Sherly berjalan mendekati kedai spaghetti. Kebetulan kedai itu tepat di sebelah meja Nathan dan Robin.
Nathan terpaku saat Sherly melewati meja tempatnya dan Robin berada. Wajah cantiknya terlihat jelas dari jarak sedekat itu dan dia kehabisan kata-kata saat menatapnya.
"Berhenti menatapku seperti itu Bob."
"Wow Sherly, aku tidak tahu kau bisa bela diri." puji Bob. Dia tak menyangka gadis mungil yang berada di sampingnya itu mengalahkan Sebastian dengan sangat mudah.
Sherly tak menjawab dan bersikap dingin seperti biasa.
"Ngomong-ngomong aku tidak ingat pernah mengatakan padamu soal spaghetti." sambung Bob.
"Kau lebih suka dipukuli?"
"Tentu tidak!"
Sherly melirik Bob sesaat. Sungguh laki-laki tambun itu bisa membuat Sherly bicara lebih dari tiga kata.
Sherly membalikkan tubuhnya bermaksud melihat keberadaan Sebastian dan ternyata pria itu sudah pergi. Namun perhatiannya tertuju pada sesosok pria yang terus menatapnya dengan pandangan takjub.
Mata Sherly dan Nathan bertemu. Untuk beberapa saat mereka saling memandang. Beberapa detik kemudian Sherly memutuskan membawa makan siangnya ke luar area kantin. Dia kurang nyaman berada di tengah keramaian seperti itu.
Nathan hanya bisa menatap kepergian gadis itu.
"Cantik, sangat cantik."
"Memang dan sepertinya dia tak tertarik padamu." goda Robin.
Itulah yang membuat Nathan semakin tertarik padanya, semakin ingin tahu lebih banyak tentang siapa gadis itu.
**
"Sial!" Sebastian langsung meluapkan emosi setibanya di ruang latihan tinju. Dia tak habis pikir bisa dikalahkan begitu mudah oleh seorang gadis.

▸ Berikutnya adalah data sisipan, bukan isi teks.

//! What no clause says: that one worker, who waits for nobody, ends as a whole call does, with ample memory.

use crate::stop_tests::{ALL_DOUBLES, DOUBLES, checkpoint};
use crate::test_calls::check;
use cr_io::{MemSink, MemSource};
use cr_top::{OpenGate, search_alone};
use std::test::Fail;
use std::thread::Threads;

// The number of the read and of the write that fail, 0 for none; the turns that are allowed; the status, and what is
// written.
const SEARCHES: [(&str, (u64, u64), Option<u64>, u8, &str); 5] = [
    ("finished", (0, 0), None, 0, ALL_DOUBLES),
    ("enough turns", (0, 0), Some(10_000), 0, ALL_DOUBLES),
    ("a failed read", (2, 0), None, 6, ""),
    ("a failed write", (0, 2), None, 7, "20 bb\n40 pppp\n60"),
    ("both", (1, 1), Some(2), 6, ""),
];

#[test]
fn one_worker_searches_alone(rt: HostRuntime) -> Result<(), Fail> {
    for (name, faults, turns, code, text) in SEARCHES {
        check(
            name,
            searches(
                &rt,
                DOUBLES.as_bytes(),
                faults,
                turns,
                code,
                text.as_bytes(),
            )?,
        )?;
    }
    Ok(())
}

#[test]
fn one_worker_stops(rt: HostRuntime) -> Result<(), Fail> {
    let lines = "found 0\njobs 2\njob 1\n0 b\njob 2\n0 pb\n1 p\nend\n";
    let text = checkpoint(rt.alloc(), "2", lines)?;
    check(
        "stopped",
        searches(&rt, DOUBLES.as_bytes(), (0, 0), Some(2), 3, text.as_bytes())?,
    )?;
    check(
        "resumed",
        searches(
            &rt,
            text.as_bytes(),
            (0, 0),
            None,
            0,
            ALL_DOUBLES.as_bytes(),
        )?,
    )?;
    check(
        "no problem",
        searches(&rt, b"stage = 2", (0, 0), None, 4, b"")?,
    )?;
    check(
        "no checkpoint",
        searches(&rt, b"ringsearch checkpoint 3\n", (0, 0), None, 5, b"")?,
    )
}

// Whether a search by one worker ends so. Its source gives at most 50 bytes at once, and its sink takes 16.
fn searches<R: AllocGlobal + Threads + Sync>(
    rt: &R,
    input: &[u8],
    (read, write): (u64, u64),
    turns: Option<u64>,
    code: u8,
    text: &[u8],
) -> Result<bool, Fail> {
    let alloc = rt.alloc();
    let mut source = MemSource::new(input.to_vec(alloc)?, [read].to_vec(alloc)?, 50);
    let mut sink = MemSink::new(alloc, [write].to_vec(alloc)?, 16);
    let status = search_alone(rt, turns, &mut source, &mut sink, &OpenGate);
    Ok(status.code() == code && sink.bytes() == Some(text))
}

"Tenang kawan. Kenapa kau sangat marah? Katakan pada kami siapa orang yang membuatmu kesal." tanya temannya.
Tulang pipi Sebastian mengeras menahan amarah. Dia tidak mungkin mengatakan bahwa seorang gadis telah membanting tubuhnya ke lantai. Reputasi yang dibangunnya susah payah selama ini akan hancur jika dia mengatakannya.
"Bukan urusanmu!" dia melampiaskan kekesalannya dengan memukul samsak tinju di depannya berkali-kali.
"Teman-teman, lihatlah si cantik itu. Astaga dia benar-benar mempesona."
Sebastian dan semua yang ada di ruang itu menoleh. Terlihat Sherly berjalan santai sendirian sambil membawa makanan melewati ruang latihan.
"Kau mau kemana cantik?" seorang dari mereka tiba-tiba menghadang perjalanan Sherly. Dia bersikap sok akrab dengan gadis itu padahal kenal saja tidak. Bahasa tubuhnya membuat Sherly terpaksa masuk ke ruang latihan.
Sebastian diam terpaku. Dia memalingkan wajah saat melihat kedatangan Sherly. Ingatannya kembali ke beberapa menit yang lalu.
"Kau Sherly kan?"
Gadis itu hanya diam, dia malas menanggapi hal tidak penting itu.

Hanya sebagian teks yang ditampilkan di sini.